■ Listed entries:
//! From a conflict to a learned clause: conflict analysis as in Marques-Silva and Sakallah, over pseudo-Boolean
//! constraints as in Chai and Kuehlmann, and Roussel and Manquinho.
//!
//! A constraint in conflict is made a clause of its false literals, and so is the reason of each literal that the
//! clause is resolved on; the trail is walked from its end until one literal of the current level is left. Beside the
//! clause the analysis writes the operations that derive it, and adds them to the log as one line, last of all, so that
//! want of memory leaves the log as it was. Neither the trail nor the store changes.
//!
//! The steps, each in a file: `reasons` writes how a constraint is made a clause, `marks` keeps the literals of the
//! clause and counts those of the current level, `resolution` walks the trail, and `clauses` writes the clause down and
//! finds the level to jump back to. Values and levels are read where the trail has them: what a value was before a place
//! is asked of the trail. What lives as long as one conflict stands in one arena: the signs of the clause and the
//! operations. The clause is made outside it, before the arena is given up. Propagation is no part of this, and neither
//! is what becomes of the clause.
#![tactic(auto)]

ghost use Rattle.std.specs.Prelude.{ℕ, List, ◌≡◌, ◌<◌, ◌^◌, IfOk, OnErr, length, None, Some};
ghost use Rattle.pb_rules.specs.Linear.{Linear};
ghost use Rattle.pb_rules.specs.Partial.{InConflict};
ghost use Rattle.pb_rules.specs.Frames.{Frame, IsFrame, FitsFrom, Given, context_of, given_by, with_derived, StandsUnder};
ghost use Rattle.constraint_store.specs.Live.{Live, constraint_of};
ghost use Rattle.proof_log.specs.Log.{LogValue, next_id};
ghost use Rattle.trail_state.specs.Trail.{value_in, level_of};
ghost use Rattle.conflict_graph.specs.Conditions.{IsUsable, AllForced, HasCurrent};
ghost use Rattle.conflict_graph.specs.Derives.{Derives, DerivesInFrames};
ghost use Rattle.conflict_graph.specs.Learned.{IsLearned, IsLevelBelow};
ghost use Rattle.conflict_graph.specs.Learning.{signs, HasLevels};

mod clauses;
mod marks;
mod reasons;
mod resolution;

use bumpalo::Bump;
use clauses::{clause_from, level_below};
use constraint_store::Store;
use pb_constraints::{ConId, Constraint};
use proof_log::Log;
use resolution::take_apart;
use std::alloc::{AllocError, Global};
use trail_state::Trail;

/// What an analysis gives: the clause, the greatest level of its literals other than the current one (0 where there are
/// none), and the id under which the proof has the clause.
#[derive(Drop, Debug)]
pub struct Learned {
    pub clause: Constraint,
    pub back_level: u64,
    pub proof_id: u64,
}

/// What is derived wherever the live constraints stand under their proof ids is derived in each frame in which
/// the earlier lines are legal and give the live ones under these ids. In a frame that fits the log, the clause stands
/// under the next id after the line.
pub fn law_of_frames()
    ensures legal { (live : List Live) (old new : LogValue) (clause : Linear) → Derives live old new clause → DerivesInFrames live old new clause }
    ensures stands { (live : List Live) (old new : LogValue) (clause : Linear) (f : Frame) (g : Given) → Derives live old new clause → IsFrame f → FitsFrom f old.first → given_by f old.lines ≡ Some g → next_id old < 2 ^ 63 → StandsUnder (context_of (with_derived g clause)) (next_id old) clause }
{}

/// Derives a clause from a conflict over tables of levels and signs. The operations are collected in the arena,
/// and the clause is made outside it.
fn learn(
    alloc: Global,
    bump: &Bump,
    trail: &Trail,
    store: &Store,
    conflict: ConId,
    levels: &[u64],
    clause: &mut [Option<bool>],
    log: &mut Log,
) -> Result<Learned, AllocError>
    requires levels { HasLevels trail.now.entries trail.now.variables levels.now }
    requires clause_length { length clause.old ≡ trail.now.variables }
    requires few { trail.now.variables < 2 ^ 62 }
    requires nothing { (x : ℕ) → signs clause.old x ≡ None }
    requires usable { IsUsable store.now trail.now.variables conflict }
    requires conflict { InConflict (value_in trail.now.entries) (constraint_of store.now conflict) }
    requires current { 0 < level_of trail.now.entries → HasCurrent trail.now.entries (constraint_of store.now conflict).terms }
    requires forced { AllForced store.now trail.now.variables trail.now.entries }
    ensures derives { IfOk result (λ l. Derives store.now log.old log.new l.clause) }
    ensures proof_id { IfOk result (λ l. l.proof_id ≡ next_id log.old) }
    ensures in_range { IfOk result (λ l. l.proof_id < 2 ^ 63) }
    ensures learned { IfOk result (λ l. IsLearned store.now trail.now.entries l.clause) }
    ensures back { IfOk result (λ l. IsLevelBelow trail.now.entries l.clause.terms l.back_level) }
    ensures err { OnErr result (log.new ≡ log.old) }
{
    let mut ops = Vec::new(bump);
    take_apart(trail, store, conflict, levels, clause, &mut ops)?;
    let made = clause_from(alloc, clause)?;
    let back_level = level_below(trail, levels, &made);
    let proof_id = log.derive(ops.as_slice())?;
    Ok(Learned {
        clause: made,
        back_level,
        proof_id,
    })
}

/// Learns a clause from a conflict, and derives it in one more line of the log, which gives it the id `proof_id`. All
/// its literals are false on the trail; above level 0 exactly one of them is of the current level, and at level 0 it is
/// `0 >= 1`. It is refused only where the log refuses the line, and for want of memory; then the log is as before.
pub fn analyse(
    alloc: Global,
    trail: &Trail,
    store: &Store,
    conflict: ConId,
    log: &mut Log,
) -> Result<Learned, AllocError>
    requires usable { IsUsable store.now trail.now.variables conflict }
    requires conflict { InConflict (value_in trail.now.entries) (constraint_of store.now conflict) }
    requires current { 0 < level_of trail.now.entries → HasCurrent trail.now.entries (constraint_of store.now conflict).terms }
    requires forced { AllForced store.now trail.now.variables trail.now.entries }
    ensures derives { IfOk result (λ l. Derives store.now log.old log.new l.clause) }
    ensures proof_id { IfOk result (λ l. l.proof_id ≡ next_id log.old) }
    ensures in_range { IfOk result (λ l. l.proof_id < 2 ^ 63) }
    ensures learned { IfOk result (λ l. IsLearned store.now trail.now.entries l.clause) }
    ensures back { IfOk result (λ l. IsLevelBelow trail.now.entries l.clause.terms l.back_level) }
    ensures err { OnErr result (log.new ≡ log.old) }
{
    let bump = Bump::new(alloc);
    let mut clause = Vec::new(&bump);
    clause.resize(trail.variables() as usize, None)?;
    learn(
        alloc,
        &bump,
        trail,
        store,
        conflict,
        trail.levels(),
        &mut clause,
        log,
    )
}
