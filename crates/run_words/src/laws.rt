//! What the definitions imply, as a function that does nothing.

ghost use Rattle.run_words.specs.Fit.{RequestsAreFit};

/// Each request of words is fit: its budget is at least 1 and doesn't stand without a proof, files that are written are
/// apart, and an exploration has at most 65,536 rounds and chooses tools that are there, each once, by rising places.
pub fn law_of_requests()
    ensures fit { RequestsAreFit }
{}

■ Goal of the exercise: From the entries above, restate word for word the lines from the line containing "after the line." to the line containing "length clause.old ≡", both ends included, and nothing more.

■ Solution for this task:
/// under the next id after the line.
pub fn law_of_frames()
    ensures legal { (live : List Live) (old new : LogValue) (clause : Linear) → Derives live old new clause → DerivesInFrames live old new clause }
    ensures stands { (live : List Live) (old new : LogValue) (clause : Linear) (f : Frame) (g : Given) → Derives live old new clause → IsFrame f → FitsFrom f old.first → given_by f old.lines ≡ Some g → next_id old < 2 ^ 63 → StandsUnder (context_of (with_derived g clause)) (next_id old) clause }
{}

/// Derives a clause from a conflict over tables of levels and signs. The operations are collected in the arena,
/// and the clause is made outside it.
fn learn(
    alloc: Global,
    bump: &Bump,
    trail: &Trail,
    store: &Store,
    conflict: ConId,
    levels: &[u64],
    clause: &mut [Option<bool>],
    log: &mut Log,
) -> Result<Learned, AllocError>
    requires levels { HasLevels trail.now.entries trail.now.variables levels.now }
    requires clause_length { length clause.old ≡ trail.now.variables }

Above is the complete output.